The Pain That Is GitHub Actions

Overall Sentiment Toward GitHub Actions

  • Many find Actions powerful and tightly integrated with GitHub but also opaque, brittle, and under-documented.
  • Common complaints: confusing permission model, surprising defaults, flaky behavior, and a feeling the product is stagnating or understaffed.
  • Several people still say it’s the “least bad” mainstream CI, especially compared to older Azure DevOps pipelines or Jenkins Groovy jobs.
  • Others describe it as something you only use because you’re forced to or because “it comes with GitHub.”

Comparisons with Other CI Systems

  • GitLab CI is frequently preferred: simpler mental model (“run scripts in containers”), better runners, and more coherent UX, though it has its own sharp edges.
  • Jenkins is praised for flexibility and longevity (years‑uptime instances), but widely disliked for plugins, security, and Groovy pipelines.
  • Azure DevOps pipelines are described as equally painful or worse, with poor docs and no good local runner.
  • Drone, Woodpecker, CircleCI, Buildkite, Concourse, Bitbucket Pipelines and sourcehut are cited as nicer in specific ways (SSH into jobs, simpler models), but none emerges as a universal winner.

YAML, UX, and Documentation

  • Strong backlash against YAML as an execution language: hard to debug, no real tooling, whitespace gotchas, and Turing-complete config “programs” with poor visibility.
  • Some defend YAML as fine for a thin orchestration layer, provided real logic lives in scripts or code.
  • Several people generate workflow YAML from higher‑level languages (Nix, CUE, RCL, Pkl, Kotlin DSL) to avoid repetition and add structure.
  • The Actions UI is criticized as clunky; docs are seen as product‑oriented rather than explaining core concepts and behavior.

Security, Permissions, and Supply-Chain Risks

  • Many argue the default GITHUB_TOKEN permissions should be zero; the current mix of org, repo, workflow, and job permissions is seen as confusing and unsafe.
  • Shared third‑party actions are viewed as a major supply‑chain risk; a recent action compromise reinforced this.
  • Pinning actions by hash is recommended, but people note it’s rare in practice and doesn’t protect against a dependency of an action being hijacked.
  • Tools like Dependabot/Renovate help update pinned hashes, but still require human review. There’s debate over pinning (security) vs rolling updates (operational smoothness).
  • Traps: workflows can’t trigger other workflows when using GITHUB_TOKEN, pushing from Actions often needs PATs or machine accounts, and cron workflows can be tied to departed users.

Local-First Philosophy and Minimizing CI Logic

  • A strong theme: treat CI as a dumb orchestrator.

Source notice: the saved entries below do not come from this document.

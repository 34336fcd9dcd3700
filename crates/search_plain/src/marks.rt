//! Marks at places: of terms, formulas or parts.
use crate::node::Parts;

/// Marks a place, where there is one.
pub(crate) fn mark(marks: &mut Vec<bool>, place: Option<usize>) {
    if let Some(number) = place {
        if let Some(slot) = marks.get_mut(number) {
            *slot = true;
        }
    }
}

/// Marks the places of the parts.
pub(crate) fn mark_parts(marks: &mut Vec<bool>, parts: &Parts) {
    for part in parts {
        mark(marks, *part);
    }
}

/// Whether a place is marked.
pub(crate) fn is_marked(marks: &[bool], number: usize) -> bool {
    marks.get(number).copied().unwrap_or(false)
}
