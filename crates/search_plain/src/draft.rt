//! Rows, formulas and foralls of one assertion, each once, in the order in which its text names them.
use crate::marks::{is_marked, mark, mark_parts};
use crate::node::Node;
use crate::row::Row;
use std::alloc::{AllocError, Global};

/// A forall of an assertion: how many variables it has, its body, and for each trigger the rows of its patterns.
#[derive(Drop)]
pub(crate) struct Quantified {
    pub(crate) variables: usize,
    pub(crate) body: usize,
    pub(crate) triggers: Vec<Vec<usize>>,
}

/// The rows, formulas and foralls of an assertion.
#[derive(Drop)]
pub(crate) struct Draft {
    pub(crate) rows: Vec<Row>,
    pub(crate) nodes: Vec<Node>,
    pub(crate) foralls: Vec<Quantified>,
}

/// The number of a row, which is put last where it does not stand.
pub(crate) fn put_row(rows: &mut Vec<Row>, row: Row) -> Result<usize, AllocError> {
    for number in 0..rows.len() {
        if rows.get(number) == Some(&row) {
            return Ok(number);
        }
    }
    rows.push(row)?;
    Ok(rows.len() - 1)
}

/// The number of a formula, which is put last where it does not stand.
pub(crate) fn put_node(nodes: &mut Vec<Node>, node: Node) -> Result<usize, AllocError> {
    for number in 0..nodes.len() {
        if nodes.get(number) == Some(&node) {
            return Ok(number);
        }
    }
    nodes.push(node)?;
    Ok(nodes.len() - 1)
}

impl Draft {
    /// Nothing yet.
    pub(crate) fn new(alloc: Global) -> Draft {
        Draft {
            rows: Vec::new(alloc),
            nodes: Vec::new(alloc),
            foralls: Vec::new(alloc),
        }
    }

    /// For each formula whether it is a part of the root, at any depth, or the root itself.
    pub(crate) fn reached_nodes(
        &self,
        alloc: Global,
        root: usize,
    ) -> Result<Vec<bool>, AllocError> {
        let mut reached = vec![in alloc; false; self.nodes.len()]?;
        mark(&mut reached, Some(root));
        for number in (0..self.nodes.len()).rev() {
            if !is_marked(&reached, number) {
                continue;
            }
            match self.nodes.get(number) {
                Some(Node::Each(parts) | Node::Either(parts)) => mark_parts(&mut reached, parts),
                _ => {}
            }
        }
        Ok(reached)
    }

    /// For each row whether a reached formula has it, at any depth.
    pub(crate) fn reached_rows(
        &self,
        alloc: Global,
        nodes: &[bool],
    ) -> Result<Vec<bool>, AllocError> {
        let mut reached = vec![in alloc; false; self.rows.len()]?;
        for (node, stands) in self.nodes.iter().zip(nodes.iter()) {
            match node {
                Node::Equal { left, right, .. } if *stands => {
                    mark(&mut reached, Some(*left));
                    mark(&mut reached, Some(*right));
                }
                Node::Atom { term, .. } if *stands => mark(&mut reached, Some(*term)),
                _ => {}
            }
        }
        for number in (0..self.rows.len()).rev() {
            if !is_marked(&reached, number) {
                continue;
            }
            if let Some(row) = self.rows.get(number) {
                mark(&mut reached, row.args[0]);
                mark(&mut reached, row.args[1]);
            }
        }
        Ok(reached)
    }
}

Put real logic in scripts, Makefiles, CLIs, Nix/Bazel/Dagger configs, or language-specific tools; have CI just “run this command.”
  • Benefits: same commands work locally and in CI, easier debugging, reduced vendor lock‑in, and simpler migrations.
  • Several teams run almost everything via a single “one-click build” script (or Nix flake, Bazel target, Dagger pipeline) and call that from Actions.
  • Tools like act, gitlab-ci-local, and sourcehut’s SSH access are praised for shortening the “commit and pray” loop, though they don’t cover all enterprise setups.

Performance, Caching, and Cost

  • Complaints about slow startup, especially on shared or Kubernetes-based runners, and about Actions killing jobs with SIGKILL instead of SIGTERM (breaking tools like Terraform).
  • The cache system (10GB per repo, LRU behavior) is described as limited, slow, and sometimes unreliable; container jobs have awkward permissions and caching semantics.
  • Pricing is criticized: billing by started minute per job (not actual runtime) drives up costs at scale and encourages anti‑patterns.
  • Many switch to self‑hosted or third‑party high‑performance runners (on bare metal, NVMe, specialized services) for big gains in speed and predictable caching.

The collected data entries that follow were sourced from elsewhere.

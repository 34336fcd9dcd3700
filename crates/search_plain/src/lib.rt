//! Random scripts with foralls, and what a plain search answers to them. Tests alone use this crate.
#![tactic(auto)]

mod author;
mod draft;
mod known;
mod marks;
mod matching;
mod node;
mod random;
mod row;
pub mod script;
mod search;
mod world;

pub use script::{DECLARED, Script, script_of};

Alternatives, Ecosystem, and VC-Backed Tools

  • Earthly’s near‑halted development and Dagger’s visible pivot toward AI “agent workflows” fuel skepticism about relying on VC‑backed CI tools.
  • Some still like Dagger as “CI as code in containers,” especially for local–CI parity; others worry the AI push will dilute focus.
  • Nix and Bazel are repeatedly called out as strong foundations for reproducible, local‑first workflows that CI can simply invoke.
  • Overall, the consensus is that CI as a category is inherently hard; GitHub Actions is widely used, but many teams deliberately constrain their use of it to avoid its rough edges.